When You're With Someone Who Doesn't Share Your View
When conversing with someone you don't agree with, find simple common ground to build connectivity and friendship. Instead of focusing on where you disagree, build on a variety of subjects that can strengthen the relationship, such as a cuisine or a sport you both enjoy. Common ground provides a pathway of communication, which leads to trust. At meetings or business gatherings, try talking about food, drink, going for a walk, playing golf or going for a run — all these activities allow for common experience. Then we find ourselves conversing with others. By doing this we build connectivity and trust.
Through trust, friendship can be established, and then more difficult subjects can come up because we experience a sense of freedom that allows us to be true and authentic. We also understand better, empathetically, how another perceives things. We begin to see that not all their views are wrong and not all our views are right. We learn to let go. Through appreciation of each other, we are willing to compromise. Previous problems can then be approached because we have more tools to work with.
In negotiations, it is good to find small things to build on. Ultimately, if there are root differences we know are difficult to bridge, both parties must be willing to live with the fact that we may not agree on all things. This is a natural part of the reality of living in the world with other people.
Reflect on your skills in building connections and developing trust. How flexible are you when you don't know someone or she disagrees with you? Are you able to compromise, accept the results and let go? Or do you measure the result against your expectations?
You Have to Know Who You Are
Some people are introverted and some are extroverted. If you are more reserved, you may have to put extra effort into conversation. Shyness often arises from fear of making a mistake, feeling exposed or lack of conversation skills or confidence. Often we are so wrapped up in our own emotions that we're unable to feel others' state of being. It takes determination and practice to come out of your shell, but there are ways to do it.

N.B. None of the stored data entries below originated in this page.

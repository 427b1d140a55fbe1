//! The prefixes of containers (CommonMark 5.1 and 5.2).
ghost use Rattle.std.specs.Prelude.{◌≡◌, IfOk, MatchOption, OnOk, length, true, ◌≤◌};
ghost use Rattle.engine_events.specs.declared.event.Name.TheVariants.{BlockQuote, GfmFootnoteDefinition, GfmFootnoteDefinitionLabel};
ghost use Rattle.engine_events.specs.declared.event.Name.TheVariants.{GfmFootnoteDefinitionPrefix, ListItem, ListItemPrefix, SpaceOrTab};
ghost use Rattle.parse_output.specs.Children.{holds_lines, may_enter};
ghost use Rattle.definition_text.specs.Columns.{bare as bare_rest, bytes_of, whole};
ghost use Rattle.markdown_options.specs.declared.container.Item.{Item as ItemParts};
ghost use Rattle.block_starts.specs.View.{container_view, container_views, rest_of};
ghost use Rattle.parse_laid.specs.EmptyRests.{is_quote};
ghost use Rattle.parse_lines.specs.Kinds.{is_footnote, is_item};
ghost use Rattle.parse_lines.specs.Ends.{WritesFootnoteLabel, WritesMarker, WritesPrefix, WritesPrefixes, WritesStartOf};
ghost use Rattle.parse_lines.specs.Open.{still_open, with_entered};
ghost use Rattle.parse_lines.specs.Pieces.{WritesPrefixPieces, WritesPrefixesPieces};
ghost use Rattle.std.specs.List.{prefix_len};
ghost use Rattle.definition_block.specs.ListItem.{is_digit};
ghost use Rattle.definition_block.specs.Container.{Footnote as FootnoteView, Item as ItemView, Quote};
ghost use Rattle.parse_lines.specs.Standing.{AreQuotesWithin, TEXT_MAX, standing};
ghost use Rattle.parse_lines.specs.Steps.{IsOutside, IsSameLine, Leaves, ReadsPrefixes, StartsOf, with_container, with_rest};

use crate::cut::first;
use crate::walk::Walk;
use block_starts::Cursor;
use block_starts::container::{continues, starts};
use engine_events::event::Name;
use markdown_options::Container;
use std::alloc::{AllocError, Allocator};

/// No line is longer.
const LINE_MAX: usize = usize::MAX / 8;

/// A line before anything of it is read.
pub(crate) fn line_rest(content: &str) -> Cursor<'_>
    ensures { length content.now ≤ TEXT_MAX → rest_of result ≡ whole content.now }
{
    if content.len() <= LINE_MAX {
        Cursor::new(content)
    } else {
        Cursor::new("")
    }
}

impl<'a, A: Allocator> Walk<'a, A> {
    /// The prefixes of the containers that go on. At an empty rest, no quote may follow but those that
    /// are known.
    pub(crate) fn prefixes(&mut self) -> Result<(), AllocError>
        requires lines { holds_lines (still_open self.old) ≡ true }
        ensures open { OnOk result (still_open self.new ≡ still_open self.old) }
        ensures reads { OnOk result (ReadsPrefixes (standing self.old) (standing self.new)) }
        ensures stays { OnOk result (standing self.new ≡ with_rest (standing self.old) (rest_of self.new.rest)) }
        ensures written { OnOk result (WritesPrefixes self.old self.new) }
        ensures exact { OnOk result (WritesPrefixesPieces self.old self.new) }
    {
        for depth in 0..self.open.len() {
            if depth >= self.quotes_end && self.rest.is_blank() && self.rest.indent() == 0 {
                return Ok(());
            }
            let Some(container) = self.open.get(depth).copied() else {
                return Ok(());
            };
            let Some(line) = continues(self.on, container, false, self.rest) else {
                return Ok(());
            };
            self.prefix(container, line.rest)?;
        }
        Ok(())
    }

    /// The prefix of a container, up to a rest of the line.
    #[tactic(auto, using(parse_output::proofs::Classes::lines_may))]
    fn prefix(&mut self, container: Container<'a>, after: Cursor<'a>) -> Result<(), AllocError>
        requires lines { holds_lines (still_open self.old) ≡ true }
        ensures open { OnOk result (still_open self.new ≡ still_open self.old) }
        ensures stays { OnOk result (standing self.new ≡ with_rest (standing self.old) (rest_of after.entry)) }
        ensures written { OnOk result (WritesPrefix (container_view container.entry) (rest_of after.entry) self.old self.new) }
        ensures exact { OnOk result (WritesPrefixPieces (container_view container.entry) (rest_of after.entry) self.old self.new) }
    {
        match container {
            Container::Quote => self.quote_prefix(after)?,
            _ => self.space_to(&after)?,
        }
        self.rest = after;
        Ok(())
    }

    /// The prefix of a quote, up to a rest of the line.
    #[tactic(auto, using(parse_output::proofs::Classes::lines_may, parse_output::proofs::Classes::enters_in), unfolding(parse_output::specs::Children::may_hold))]
    fn quote_prefix(&mut self, after: Cursor<'a>) -> Result<(), AllocError>
        requires lines { holds_lines (still_open self.old) ≡ true }
        ensures open { OnOk result (still_open self.new ≡ still_open self.old) }
        ensures stays { OnOk result (standing self.new ≡ standing self.old) }
        ensures written { OnOk result (WritesPrefix Quote (rest_of after.entry) self.old self.new) }
        ensures exact { OnOk result (WritesPrefixPieces Quote (rest_of after.entry) self.old self.new) }
        ensures marked { OnOk result (WritesMarker Quote (rest_of after.entry) self.old self.new) }
    {
        let _bare = self.white()?;
        self.enter(Name::BlockQuotePrefix)?;
        self.token(Name::BlockQuoteMarker, 1)?;
        self.space_to(&after)?;
        self.exit(Name::BlockQuotePrefix)
    }

    /// The block quote that starts here, if one does. Returns whether it does.
    #[tactic(auto, using(parse_output::proofs::Classes::lines_in), unfolding(parse_output::specs::Children::may_hold, parse_output::specs::Children::has_lines))]
    pub fn start_quote(&mut self) -> Result<bool, AllocError>
        requires child { may_enter (still_open self.old) BlockQuote ≡ true }
        requires space { may_enter (still_open self.old) SpaceOrTab ≡ true }
        ensures open { IfOk result (λ starts. still_open self.new ≡ with_entered starts BlockQuote (still_open self.old)) }
        ensures starts { IfOk result (λ starts. StartsOf is_quote (standing self.old) starts (standing self.new)) }
        ensures written { OnOk result (WritesStartOf is_quote BlockQuote self.old self.new) }
    {
        let Some((Container::Quote, line)) = starts(self.on, false, self.rest) else {
            return Ok(false);
        };
        let _bare = self.white()?;
        self.enter(Name::BlockQuote)?;
        self.quotes_end = self.open.len().saturating_add(1);
        self.quote_prefix(line.rest)?;
        self.start(Container::Quote, line.rest)?;
        Ok(true)
    }

    /// The item that starts here, if one does. Returns whether it does.
    #[tactic(auto, using(parse_output::proofs::Classes::enters_in), unfolding(parse_output::specs::Children::may_hold))]
    pub fn start_item(&mut self) -> Result<bool, AllocError>
        requires child { may_enter (still_open self.old) ListItem ≡ true }
        requires space { may_enter (still_open self.old) SpaceOrTab ≡ true }
        ensures open { IfOk result (λ starts. still_open self.new ≡ with_entered starts ListItem (still_open self.old)) }
        ensures starts { IfOk result (λ starts. StartsOf is_item (standing self.old) starts (standing self.new)) }
        ensures written { OnOk result (WritesStartOf is_item ListItem self.old self.new) }
    {
        let Some((Container::Item(item), line)) = starts(self.on, false, self.rest) else {
            return Ok(false);
        };
        let bare = self.white()?;
        self.enter(Name::ListItem)?;
        self.item_prefix(bare, line.rest)?;
        self.start(Container::Item(item), line.rest)?;
        Ok(true)
    }

    /// The footnote definition that starts here, if one does. Returns whether it does.
    #[tactic(auto, using(parse_output::proofs::Classes::enters_in), unfolding(parse_output::specs::Children::may_hold))]
    pub fn start_footnote(&mut self) -> Result<bool, AllocError>
        requires child { may_enter (still_open self.old) GfmFootnoteDefinition ≡ true }
        requires space { may_enter (still_open self.old) SpaceOrTab ≡ true }
        ensures open { IfOk result (λ starts. still_open self.new ≡ with_entered starts GfmFootnoteDefinition (still_open self.old)) }
        ensures starts { IfOk result (λ starts. StartsOf is_footnote (standing self.old) starts (standing self.new)) }
        ensures written { OnOk result (WritesStartOf is_footnote GfmFootnoteDefinition self.old self.new) }
    {
        let Some((Container::Footnote(label), line)) = starts(self.on, false, self.rest) else {
            return Ok(false);
        };
        let _bare = self.white()?;
        self.enter(Name::GfmFootnoteDefinition)?;
        self.footnote_prefix(label, line.rest)?;
        self.start(Container::Footnote(label), line.rest)?;
        Ok(true)
    }

    /// A container is open, whose prefix is written up to a rest of the line.
    fn start(&mut self, container: Container<'a>, after: Cursor<'a>) -> Result<(), AllocError>
        ensures open { still_open self.new ≡ still_open self.old }
        ensures stays { OnOk result (standing self.new ≡ with_container (standing self.old) (container_view container.entry) (rest_of after.entry)) }
        ensures out { OnOk result (self.new.out ≡ self.old.out) }
    {
        self.open.push(container)?;
        self.rest = after;
        Ok(())
    }

    /// The prefix of an item, up to a rest of the line.
    #[tactic(auto, using(parse_output::proofs::Classes::enters_in), unfolding(parse_output::specs::Children::may_hold))]
    fn item_prefix(&mut self, bare: &str, after: Cursor<'a>) -> Result<(), AllocError>
        requires child { may_enter (still_open self.old) ListItemPrefix ≡ true }
        ensures open { OnOk result (still_open self.new ≡ still_open self.old) }
        ensures stays { OnOk result (standing self.new ≡ standing self.old) }
        ensures marked { OnOk result ((item : ItemParts) → bare.now ≡ bytes_of (bare_rest (rest_of self.old.rest))
            → WritesMarker (ItemView item) (rest_of after.entry) self.old self.new) }
    {
        self.enter(Name::ListItemPrefix)?;
        self.token(Name::ListItemValue, digits(bare.as_bytes()))?;
        self.token(Name::ListItemMarker, 1)?;
        self.space_to(&after)?;
        self.exit(Name::ListItemPrefix)
    }

    /// The prefix of a footnote definition, up to a rest of the line.
    #[tactic(auto, using(parse_output::proofs::Classes::enters_in), unfolding(parse_output::specs::Children::may_hold))]
    fn footnote_prefix(&mut self, label: &str, after: Cursor<'a>) -> Result<(), AllocError>
        requires child { may_enter (still_open self.old) GfmFootnoteDefinitionPrefix ≡ true }
        ensures open { OnOk result (still_open self.new ≡ still_open self.old) }
        ensures stays { OnOk result (standing self.new ≡ standing self.old) }
        ensures marked { OnOk result (WritesMarker (FootnoteView label.now) (rest_of after.entry) self.old self.new) }
    {
        self.enter(Name::GfmFootnoteDefinitionPrefix)?;
        self.footnote_label(label.len())?;
        self.token(Name::DefinitionMarker, 1)?;
        self.space_to(&after)?;
        self.exit(Name::GfmFootnoteDefinitionPrefix)
    }

    /// A label of a size, with its brackets.
    #[tactic(auto, using(parse_output::proofs::Classes::enters_in), unfolding(parse_output::specs::Children::may_hold))]
    fn footnote_label(&mut self, size: usize) -> Result<(), AllocError>
        requires child { may_enter (still_open self.old) GfmFootnoteDefinitionLabel ≡ true }
        ensures open { OnOk result (still_open self.new ≡ still_open self.old) }
        ensures stays { OnOk result (standing self.new ≡ standing self.old) }
        ensures labelled { OnOk result (WritesFootnoteLabel size self.old self.new) }
    {
        self.enter(Name::GfmFootnoteDefinitionLabel)?;
        self.token(Name::GfmFootnoteDefinitionLabelMarker, 1)?;
        self.token(Name::GfmFootnoteDefinitionMarker, 1)?;
        self.enter(Name::GfmFootnoteDefinitionLabelString)?;
        self.token(Name::Data, size)?;
        self.exit(Name::GfmFootnoteDefinitionLabelString)?;
        self.token(Name::GfmFootnoteDefinitionLabelMarker, 1)?;
        self.exit(Name::GfmFootnoteDefinitionLabel)
    }

    /// The innermost container doesn't go on. Returns which.
    pub fn leave(&mut self) -> Option<Container<'a>>
        ensures open { still_open self.new ≡ still_open self.old }
        ensures written { self.new.out ≡ self.old.out }
        ensures line { IsSameLine (standing self.old) (standing self.new) }
        ensures leaves { MatchOption result (IsOutside (standing self.old) (standing self.new))
            (λ c. Leaves (container_view c) (standing self.old) (standing self.new)) }
    {
        let container = self.open.pop()?;
        self.quotes_end = quotes_end(&self.open, self.quotes_end);
        Some(container)
    }
}

/// After the last quote among the first containers, so many.
fn quotes_end(containers: &[Container<'_>], count: usize) -> usize
    ensures { AreQuotesWithin count (container_views containers.now) → AreQuotesWithin result (container_views containers.now) }
{
    for depth in (0..count.min(containers.len())).rev() {
        if matches!(containers[depth], Container::Quote) {
            return depth + 1;
        }
    }
    0
}

/// How many digits bytes begin with.
fn digits(bytes: &[u8]) -> usize
    ensures { result ≡ prefix_len is_digit bytes.now }
{
    for (i, byte) in bytes.iter().enumerate() {
        if !byte.is_ascii_digit() {
            return i;
        }
    }
    bytes.len()
}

Stay caught up on current events and always have a topic in mind as an opener — preferably nothing to do with politics. Or notice something about the other person; it could be the color she's wearing or her name. Then take the leap and begin a conversation. "That's such a beautiful color. It reminds me of the ocean in Bermuda. Have you ever been there?" Or "'Driskill,' you say? Any relation to the folks who own the hotel?"

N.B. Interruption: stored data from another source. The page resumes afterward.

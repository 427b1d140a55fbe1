//! Text at the front of a content (CommonMark 6.9).
//!
//!     text ::= (byte at which nothing starts | (space | tab)+ before something else on its line)*
//!
//! Where literals are on (GFM 6.9), text ends also before `ww` and `ht`, in either case; where marked
//! text is on, before `=`. Text that is printed as it is goes on over an LF with no white space and no
//! line ending beside it, which is a soft line break (CommonMark 6.8).
ghost use Rattle.std.specs.Prelude.{◌≡◌, ◌<◌, ◌≤◌, ◌-◌, ℕ, true, false, length, slice_index};
ghost use Rattle.definition_text.specs.Columns.{is_white};
ghost use Rattle.definition_text.specs.Content.{is_eol};
ghost use Rattle.inline_text.specs.Mark.{IsStopWith};
ghost use Rattle.inline_text.specs.Plain.{goes_on, is_replaced, IsLineSize, IsSoft, IsStart};
ghost use Rattle.inline_text.specs.Fronts.{AreLines, IsTextFront, IsTextOf};
ghost use Rattle.inline_text.specs.Verbatim.{TellsVerbatim};
ghost use Rattle.std.specs.Str.{IsUtf8};

use crate::letters::{StopBytes, next_of_or_letters};
use crate::mark::next_of_or_equals;
use inline_links::part::from;
use markdown_options::Constructs;
use text_bytes::is_space_or_tab;
use text_search::{ByteSet, next_of};

/// The bytes that are no space or tab at which a construct may start (CommonMark 6).
const STARTS: StopBytes = StopBytes {
    set: ByteSet {
        first: [
            b'`', b'!', 3, 4, b'$', 6, b'&', 8, 9, 10, b'*', b'[', b'\\', b']', b'~', b'_',
        ],
        second: [1, 2, 3, 4, 5, 6, 7, 8, 9, 10, b'\n', 12, b'<', b'\r', 15, 0],
    },
    extra: b'`',
};

/// The same bytes, and those of text that are printed as something else; where literals are on, `@`
/// too, which an email address may have.
const STOPS: StopBytes = StopBytes {
    set: ByteSet {
        first: [
            b'`', b'!', b'"', 4, b'$', 6, b'&', 8, 9, 10, b'*', b'[', b'\\', b']', b'~', b'_',
        ],
        second: [
            0, 2, 3, 4, 5, 6, 7, 8, 9, 10, b'\n', 12, b'<', b'\r', b'>', 0,
        ],
    },
    extra: b'@',
};

/// Text at the front of bytes.
#[derive(Clone, Copy)]
pub struct Front {
    /// How many bytes it has.
    pub size: usize,
    /// Whether it is known to be printed as it is, and to hold no `@` where literals are on.
    pub is_verbatim: bool,
}

/// The text at the front of a content.
pub fn front_of(on: &Constructs, rest: &str) -> Front
    ensures front { IsTextOf on.now rest.now result }
    ensures utf8 { IsUtf8 rest.now }
{
    if on.mark {
        return front_with_marks(on.gfm_autolink_literal, rest.as_bytes());
    }
    if on.gfm_autolink_literal {
        front_with_literals(rest.as_bytes())
    } else {
        text_front(false, false, rest.as_bytes())
    }
}

/// The text at the front where literals are on. It is a call, so that where they are off there is
/// less to save.
#[inline(never)]
fn front_with_literals(bytes: &[u8]) -> Front
    ensures { IsTextFront true false bytes.now result }
{
    text_front(true, false, bytes)
}

/// The same where marked text is on.
#[inline(never)]
fn front_with_marks(has_literals: bool, bytes: &[u8]) -> Front
    ensures { IsTextFront has_literals true bytes.now result }
{
    text_front(has_literals, true, bytes)
}

/// The text at the front: a construct starts at none of its bytes, and the byte after them is one at
/// which a construct may start (CommonMark 6 and 6.9). Text that is printed as it is goes on over soft
/// line breaks.
#[inline(always)]
fn text_front(has_literals: bool, has_marks: bool, bytes: &[u8]) -> Front
    ensures { IsTextFront has_literals has_marks bytes.now result }
{
    let stop = next_start(has_literals, has_marks, bytes);
    if stop.size < bytes.len() && !is_ending(bytes[stop.size]) {
        return stop;
    }
    if stop.is_verbatim && is_soft(bytes, stop.size) {
        return lines_front(has_literals, has_marks, bytes, stop.size + 1);
    }
    Front {
        size: without_white(bytes, stop.size),
        is_verbatim: stop.is_verbatim,
    }
}

/// The text at the front, all of it printed as it is, of which so many bytes are known to be lines with
/// their endings. It may end before a byte that is printed as something else.
#[inline(never)]
fn lines_front(has_literals: bool, has_marks: bool, bytes: &[u8], start: usize) -> Front
    requires some { 0 < start }
    requires lines { AreLines has_literals has_marks bytes.now start }
    ensures { IsTextFront has_literals has_marks bytes.now result }
{
    let mut at = start;
    while at < bytes.len() {
        let line = from(bytes, at);
        let stop = first_stop(has_literals, has_marks, line, STOPS);
        if !is_soft(line, stop) {
            return Front {
                size: at + line_size(line, stop),
                is_verbatim: true,
            };
        }
        at += stop + 1;
    }
    Front {
        size: at,
        is_verbatim: true,
    }
}

/// Where a line ends before this place, without the spaces and tabs at its end.
fn line_size(line: &[u8], stop: usize) -> usize
    requires { stop ≤ length line.now }
    ensures { IsLineSize line.now stop result }
{
    if stop < line.len() && !is_ending(line[stop]) {
        stop
    } else {
        without_white(line, stop)
    }
}

/// Whether an LF stands at a place with no white space and no end beside it, nor a line ending after
/// it (CommonMark 6.8).
#[inline(always)]
fn is_soft(bytes: &[u8], at: usize) -> bool
    requires { at ≤ length bytes.now }
    ensures { result ≡ true → IsSoft bytes.now at }
{
    bytes.len() - at > 1
        && bytes[at] == b'\n'
        && (at == 0 || bytes[at - 1] > b' ')
        && bytes[at + 1] > b' '
}

/// What comes before the first byte at which a construct may start, a literal and marked text among
/// them where they are on. A byte that makes text not verbatim is looked for until there is one.
#[inline(always)]
fn next_start(has_literals: bool, has_marks: bool, bytes: &[u8]) -> Front
    ensures start { IsStart has_literals has_marks bytes.now result.size }
    ensures verbatim { TellsVerbatim has_literals bytes.now result }
{
    let stop = first_stop(has_literals, has_marks, bytes, STOPS);
    if stop < bytes.len() && goes_on(has_literals, bytes[stop]) {
        return Front {
            size: stop + first_start(has_literals, has_marks, from(bytes, stop)),
            is_verbatim: false,
        };
    }
    Front {
        size: stop,
        is_verbatim: true,
    }
}

/// The first byte that the set holds, or at which a literal or marked text may start, where they are
/// on, or the extra byte where literals are on.
#[inline(always)]
fn first_stop(has_literals: bool, has_marks: bool, bytes: &[u8], stops: StopBytes) -> usize
    ensures { IsStopWith has_literals has_marks stops bytes.now result }
{
    if has_marks {
        return next_of_or_equals(has_literals, bytes, stops);
    }
    if has_literals {
        next_of_or_letters(bytes, stops)
    } else {
        next_of(bytes, stops.set)
    }
}

/// The first byte at which something may start.
#[inline(always)]
fn first_start(has_literals: bool, has_marks: bool, bytes: &[u8]) -> usize
    ensures { IsStart has_literals has_marks bytes.now result }
{
    first_stop(has_literals, has_marks, bytes, STARTS)
}

/// Whether nothing starts at a byte, and text that holds it isn't verbatim.
fn goes_on(has_literals: bool, byte: u8) -> bool
    ensures { result ≡ goes_on has_literals byte }
{
    is_replaced(byte) || (has_literals && byte == b'@')
}

/// Whether nothing starts at a byte and it is printed as something else.
fn is_replaced(byte: u8) -> bool
    ensures { result ≡ is_replaced byte }
{
    byte == 0 || byte == b'"' || byte == b'>'
}

/// Whether a byte begins a line ending (CommonMark 2.1).
fn is_ending(byte: u8) -> bool
    ensures { result ≡ is_eol byte }
{
    byte == b'\n' || byte == b'\r'
}

/// Where bytes end without the spaces and tabs before this place.
fn without_white(bytes: &[u8], end: usize) -> usize
    requires { end ≤ length bytes.now }
    ensures within { result ≤ end }
    ensures white { (k : ℕ) → result ≤ k → k < end → is_white (slice_index bytes.now k) ≡ true }
    ensures dark { 0 < result → is_white (slice_index bytes.now (result - 1)) ≡ false }
{
    let mut start = end;
    while start > 0 && is_space_or_tab(bytes[start - 1]) {
        start -= 1;
    }
    start
}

The more conversations you begin, the more confident you will feel. Learn to flash on your own presence first, however that makes sense to you. For example, you can take a breath, or feel the place where your feet meet the floor. Then place your awareness on the other person. It also helps to have a favorite all-purpose opener to get things rolling. A friend of mine says, "How's your heart?" He claims that asking this question — and making a commitment to really listen to the answer — has made for some extraordinary conversations.

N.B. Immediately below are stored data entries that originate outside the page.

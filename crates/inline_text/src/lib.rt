//! Text at the front of a content (CommonMark 6.9).
#![tactic(auto)]

mod letters;
mod mark;
pub mod plain;

pub use plain::{Front, front_of};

If you are extroverted, you may need to practice toning it down. Again, the advice is to be present, forget about yourself and feel the state of others. Keep in mind that people may not be interested in hearing your advice, the details of your life or your pet peeves. They might not think your children are so adorable. They might like to get in a word edgewise. The power of silence is a friend to the extrovert, but the person who doesn't speak at all might arouse suspicion. At the same time, shy people can be good conversationalists and outgoing people can be challenged by a simple conversation.
Go Ahead and Try It
Think about someone in your daily life you don't normally pay attention to and decide to acknowledge him the next time you see him and to be attentive to his response. You could decide to say, "Hello, how are you?" to the person who's always reading the newspaper in the lobby of your apartment building. Make a sincere attempt to engage. Through this simple practice, you can make some wonderful connections.
Excerpted from The Lost Art of Good Conversation: A Mindful Way to Connect with Others and Enrich Everyday Life by Tibetan spiritual leader, Sakyong Mipham.